Photo: Johan Persson
First and foremost, the London musical, imported from Broadway, has a musical problem. The music, composed by Florence Welch, english singer/songwriter and frontwoman of indie rock band Florence & The Machine, has been a hot topic of conversation.
Opinions are divided on the mix of modern orchestral pop-style musical music and 1920s “Gatsby Jazz”, which evokes the era with a new twist.
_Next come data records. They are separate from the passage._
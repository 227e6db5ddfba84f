// The session call (document 01, "Session"; Rust: sampler/nsga3.rs): a plan asks for a setting, and where the generation's plans all stand in history a new
// generation is bred first.

#![tactic(auto)]

ghost use Rattle.std.specs.Prelude.{◌≡◌, true, false, List, [], ℕ, Some};
ghost use Rattle.model.specs.Session.{state, adds_for, discovers, long_enough};
ghost use Rattle.model.specs.Refusal.{sample_refusal, bad_history};
ghost use Rattle.model.specs.Calls.{sample_of, Samples};
ghost use Rattle.model.specs.Property.{SessionOk};
ghost use Rattle.model.specs.declared.Distribution.{Distribution};
ghost use Rattle.session_steps.specs.Exits.{exit};

use model::{Distribution, PLAN_WORDS, Phase, Refusal, Sampled, Session};

// ---- a call that adds a dimension

// A call that adds a dimension.
fn sample_discovering(
    session: Session,
    distribution: Distribution,
    plan: u64,
    history: &[u64],
    long: bool,
) -> Sampled
    requires { (adds_for session.phase session.discovery_trial_id plan ≡ true) × (session.progress.n_plans ≡ 0) }
    ensures { (cs ps ns pool : List ℕ) → long_enough (state session cs ps ns pool) ≡ long
        → exit result cs ps ns pool ≡ sample_of (state session cs ps ns pool) distribution plan history.now }
{
    let progress = session.progress;
    let n = progress.n_dims;
    if session_records::bad_dimension(n, distribution) {
        return session_active::refused(session, Refusal::Bounds);
    }
    if session_records::bad_step(distribution) {
        return session_active::refused(session, Refusal::Steps);
    }
    if session_records::bad_history(history) {
        return session_active::refused(session, Refusal::Count);
    }
    if long {
        return session_steps::discover(session, distribution, plan);
    }
    session_active::refused(session, Refusal::Room)
}

// ---- a call that is lent a slice too short

// Why a call that adds no dimension is turned down.
fn short_refusal(session: Session, history: &[u64], plans: &[u64], pool: &[u64]) -> Refusal
    requires { SessionOk (state session [] [] [] []) × (bad_history history.now ≡ false) }
    ensures { (cs ns : List ℕ) (d : Distribution) (plan : ℕ) → discovers (state session cs plans.now ns pool.now) plan ≡ false
        → long_enough (state session cs plans.now ns pool.now) ≡ false
        → sample_refusal (state session cs plans.now ns pool.now) d plan history.now ≡ Some result }
{
    let config = session.config;
    let size = config.population_size;
    let progress = session.progress;
    let n = progress.n_plans;
    let phase = session.phase;
    let Phase::Active = phase else {
        return Refusal::Room;
    };
    let n_waiting = progress.n_waiting;
    if pool.len() < n_waiting * PLAN_WORDS {
        return Refusal::Room;
    }
    if session_records::evaluated(history, plans, n, size) {
        return session_breeding::bred_refusal(session, history, plans, pool);
    }
    Refusal::Room
}

// ---- the call

// What a call answers and leaves.
fn answered(
    session: Session,
    distribution: Distribution,
    plan: u64,
    history: &[u64],
    candidates: &mut [u64],
    plans: &mut [u64],
    next_dims: &mut [usize],
    pool: &mut [u64],
) -> Sampled
    requires { SessionOk (state session candidates.old plans.old next_dims.old pool.old) }
    ensures { exit result candidates.new plans.new next_dims.new pool.new
        ≡ sample_of (state session candidates.old plans.old next_dims.old pool.old) distribution plan history.now }
{
    let phase = session.phase;
    let first = session.discovery_trial_id;
    let config = session.config;
    let long = session_records::long_enough(
        config,
        candidates.len(),
        plans.len(),
        next_dims.len(),
        pool.len(),
    );
    if session_records::discovers(phase, first, plan) {
        return sample_discovering(session, distribution, plan, history, long);
    }
    if session_records::bad_history(history) {
        return session_active::refused(session, Refusal::Count);
    }
    if long {
        return match phase {
            Phase::Discovery => session_active::sample_first(
                session, plan, history, candidates, plans, next_dims, pool,
            ),
            Phase::Active => session_active::sample_active(
                session, plan, history, candidates, plans, next_dims, pool,
            ),
        };
    }
    let refusal = short_refusal(session, history, plans, pool);
    session_active::refused(session, refusal)
}

// A plan asks for its next setting; the answer, or the number of the refusal that the call meets. `history` has the evaluated plans; the other slices are lent
// with the session to every call. Where the plans of the generation all stand in history, the call breeds the next one.
pub fn sample(
    session: Session,
    distribution: Distribution,
    plan: u64,
    history: &[u64],
    candidates: &mut [u64],
    plans: &mut [u64],
    next_dims: &mut [usize],
    pool: &mut [u64],
) -> Sampled
    requires { SessionOk (state session candidates.old plans.old next_dims.old pool.old) }
    ensures { Samples (state session candidates.old plans.old next_dims.old pool.old) distribution plan history.now
        (record { answer = result.outcome; after = state result.session candidates.new plans.new next_dims.new pool.new }) }
{
    answered(
        session,
        distribution,
        plan,
        history,
        candidates,
        plans,
        next_dims,
        pool,
    )
}
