/// Plans to make a directory or file of number `node`, the least that no node has.
///
/// # Errors
/// As `plan_node`.
fn make_node<'a, S: Blocks>(
    alloc: Global,
    blocks: &mut S,
    kind: Kind,
    vacancy: &Vacancy,
    node: u32,
    shared: &'a Shared,
) -> Result<Plan<'a>, Refusal>
    requires may { MayPlan S.tells (S.state blocks.old) shared.now }
    requires below { IsTrue S.tells → AreUsedBelow (files_in (S.state blocks.old) nothing_drafted) node }
    requires dir { IsNumber (S.state blocks.old).books.geom.i vacancy.now.dir }
    requires few { vacancy.now.count < 2 ^ 24 }
    requires there { IsTrue S.tells → HasCount (S.state blocks.old) nothing_drafted vacancy.now.dir vacancy.now.count }
    requires short { length vacancy.now.name ≤ longest_name (S.state blocks.old).books.geom.layout }
    requires node { IsNumber (S.state blocks.old).books.geom.i node }
    ensures plans { (path : List (List ℕ)) → (IsTrue S.tells
        → MayAppear (S.state blocks.old).books.geom.layout (files_in (S.state blocks.old) nothing_drafted) path (Fine vacancy.now))
        → (IsTrue S.tells → least_number (S.state blocks.old) ≡ Some node)
        → Plans S.tells (make_cmd kind path) result (S.state blocks.old) (S.state blocks.new) }
    ensures made { OnChange result (λ draft cost nodes. MayBeMade S.tells draft cost nodes (S.state blocks.new)) }
{
    a_disk_is_small(blocks);
    calls_compose::<S>();
    the_tree_makes_nodes::<S>();
    let figures = new_name_figures(u64::from(vacancy.count), blocks.geom().layout());
    match has_room(blocks, &figures) {
        Ok(()) => {}
        Err(why) => return Err(why),
    }
    let slot = Slot {
        node,
        name: vacancy.name.copy(),
    };
    match draft_node(
        alloc,
        blocks,
        kind,
        vacancy.dir,
        vacancy.count,
        &slot,
        shared,
    ) {
        Ok(draft) => {
            a_draft_that_leaves_snapshots_makes_its_tree(blocks);
            Ok(Plan::Change {
                draft,
                cost: figures.cost,
                nodes: NodeUse::Taken(node),
            })
        }
        Err(why) => Err(refusal_of(why)),
    }
}

/// Plans another path, `other`, of the file at a path.
///
/// # Errors
/// As `plan_node`.
pub(crate) fn plan_link<'a, S: Blocks>(
    alloc: Global,
    blocks: &mut S,
    path: &Path,
    other: &Path,
    shared: &'a Shared,
) -> Result<Plan<'a>, Refusal>
    requires may { MayPlan S.tells (S.state blocks.old) shared.now }
    ensures plans { Plans S.tells (Link path.now other.now) result (S.state blocks.old) (S.state blocks.new) }
    ensures made { OnChange result (λ draft cost nodes. MayBeMade S.tells draft cost nodes (S.state blocks.new)) }
{
    blocks_have_the_map_of_their_tree();
    calls_compose::<S>();
    the_tree_links_files::<S>();
    walks_are_the_same();
    match find_node(alloc, blocks, path, shared) {
        Ok(Ok(found)) => link_to(alloc, blocks, &found, other, shared),
        Ok(Err(why)) => Ok(Plan::Answer(Reply::Refused(why))),
        Err(why) => Err(refusal_of(why)),
    }
}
I belong to the group of reviewers who do not find the result very successful.
Despite the large orchestra and ambitious arrangements, the music does not really come across.
You never get caught up in the delicious melancholy of the story, which unfolds in Jay Gatsby’s awkward attempts to get close to Daisy, whom he has loved for so long and who is at the heart of the story, along with the portrait of the glittering American dream – and its dark underside.

Photo: Johan Persson
The production delivers on set design and formidable dance numbers wrapped in a wonderful staging of extreme wealth and the Long Island upper class after the First World War.
The melancholic/dramatic plot has the potential to become a powerful Puccini opera, just not in this treat, where Puccini had long since fired his librettists for lack of an effective storyline and characterisation that calls for empathy and compassion.

Photo: Johan Persson
Despite its lavish staging, The Great Gatsby comes across as a strangely hollow piece of musical theatre that fires with its entire arsenal but doesn’t quite hit the mark.
It gets four stars from Got to see this. Compared to the reception in the British theatre press, that’s on the polite side.